As you might guess from the title, in selective receivable financing, a company can choose which receivables to submit to a lender for early payment. The primary difference with traditional factoring is that the business waits for partial remittance after the invoices are paid instead of receiving full payment upfront.

Generally, the financial rates are slower, as this financing option does not appear on its balance sheet. As a result, the agreement does not impact the company’s other debts or debt ratio.  

Asset-based Lending

In this type of accounts receivable financing, a company commits most of its receivable, with very little control over which invoices to submit to the lender. Though associated with higher fees, asset-based lending is still beneficial to the company choosing this financing route. Benefits include quicker and easier access, plus minimal compliance requirements.

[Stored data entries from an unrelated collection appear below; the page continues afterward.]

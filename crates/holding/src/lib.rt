// Who holds which cards: from the top of the deck each playing seat, lowest first, takes two cards together, and the next three are the
// community cards. Where All-Six is offered the community cards and the All-Six card come first, then the seats.
//
// Seats are taken by their antes: a seat without one doesn't play and takes no cards. Each function answers for any antes, any deck and any place. Where a card lies is
// said here and nowhere else.

#![tactic(auto)]

ghost use Rattle.std.specs.Prelude.{◌≡◌, get_or};
ghost use Rattle.holding.specs.Deal.{playing_before, hole_at, community_at, hole, community, five, six_hand};

use counting::at;

// How many seats play before place `k`.
pub fn playing_before(antes: [u16; 7], k: u8) -> u8
    ensures { result ≡ playing_before antes k }
{
    antes
        .iter()
        .take(k as usize)
        .filter(|ante| **ante != 0)
        .count() as u8
}

// A deck, and what says whose its cards are: parts of a round, which are lent and not copied.
#[derive(Clone, Copy)]
pub struct Deal<'a> {
    // The number of the All-Six pay table, 0 where it isn't offered.
    pub offer: u8,
    pub antes: &'a [u16; 7],
    pub cards: &'a [u8; 52],
}

impl Deal<'_> {
    // Where the first card of the seat at place `k` lies.
    fn hole_at(self, k: u8) -> u16
        ensures { result ≡ hole_at self.entry.offer self.entry.antes.now k }
    {
        let before = 2 * (playing_before(*self.antes, k) as u16);
        if self.offer == 0 { before } else { 4 + before }
    }

    // Where the first community card lies; the All-Six card lies after the third.
    fn community_at(self) -> u16
        ensures { result ≡ community_at self.entry.offer self.entry.antes.now }
    {
        if self.offer == 0 {
            2 * (playing_before(*self.antes, 7) as u16)
        } else {
            0
        }
    }

    fn card_at(self, place: usize) -> u8
        ensures { result ≡ get_or self.entry.cards.now place 0 }
    {
        let cards = self.cards;
        at(cards, place, 0)
    }

    // The two cards of the seat at place `k`.
    pub fn hole(self, k: u8) -> [u8; 2]
        ensures { result ≡ hole self.entry.offer self.entry.antes.now self.entry.cards.now k }
    {
        let first = self.hole_at(k) as usize;
        [self.card_at(first), self.card_at(first + 1)]
    }

    pub fn community(self) -> [u8; 3]
        ensures { result ≡ community self.entry.offer self.entry.antes.now self.entry.cards.now }
    {
        let first = self.community_at() as usize;
        [
            self.card_at(first),
            self.card_at(first + 1),
            self.card_at(first + 2),
        ]
    }

    // The five cards that the hand of the seat at place `k` is named by.
    pub fn five(self, k: u8) -> [u8; 5]
        ensures { result ≡ five self.entry.offer self.entry.antes.now self.entry.cards.now k }
    {
        let board = self.community();
        let own = self.hole(k);
        [board[0], board[1], board[2], own[0], own[1]]
    }

    // The six cards of its All-Six hand, in the order community, All-Six card, the seat's two.
    pub fn six(self, k: u8) -> [u8; 6]
        ensures { result ≡ six_hand self.entry.offer self.entry.antes.now self.entry.cards.now k }
    {
        let board = self.community();
        let card = self.card_at(self.community_at() as usize + 3);
        let own = self.hole(k);
        [board[0], board[1], board[2], card, own[0], own[1]]
    }
}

  • Receive capital tie to unpaid invoices. Instead of waiting for the payment date, you can receive working capital as soon as possible to keep your business afloat.
  • Accounts receivable financing is more accessible than conventional credit lines. Minimum to no collateral is needed. In contrast, traditional institutions require an endless list of leverage
  • Quick access to emergency cash. It only takes a few days to complete the application processing before you can receive the money directly into your account.
  • Available to the business of all sizes
  • Helps build a business creditworthiness

Factors Influencing Quality of Receivables

The quality of receivables is essential in accounts receivable financing. Here are a few factors that determine a receivable’s quality;-

Debtor Creditworthiness

A debtor with a low credit rating decreases the receivable quality, thus increasing the cost of borrowing, i.e., interest rates and reduction of lent amount.

Receivable Duration

The shorter the duration of receivable, the lower the cost of funding. Notably, receivables beyond 90 days are considered as default.

Documentation Quality

Excellent documentation boosts the quality of receivables as it provides contracts’ clarity and provides a basis for legal action in case of default.

Original Account Industry

The macro trends within the seller’s industry impact the debtor’s capability to repay their debts; hence is a crucial consideration as financial institutions wish to minimize their exposure to debt in particular sectors.


If you are financially stuck due to a delay in payments, seek accounts receivable financing for instant funding based on your unpaid invoices. Based on your preference and business type, you have three options, with multiple factors influencing the quality of your invoices.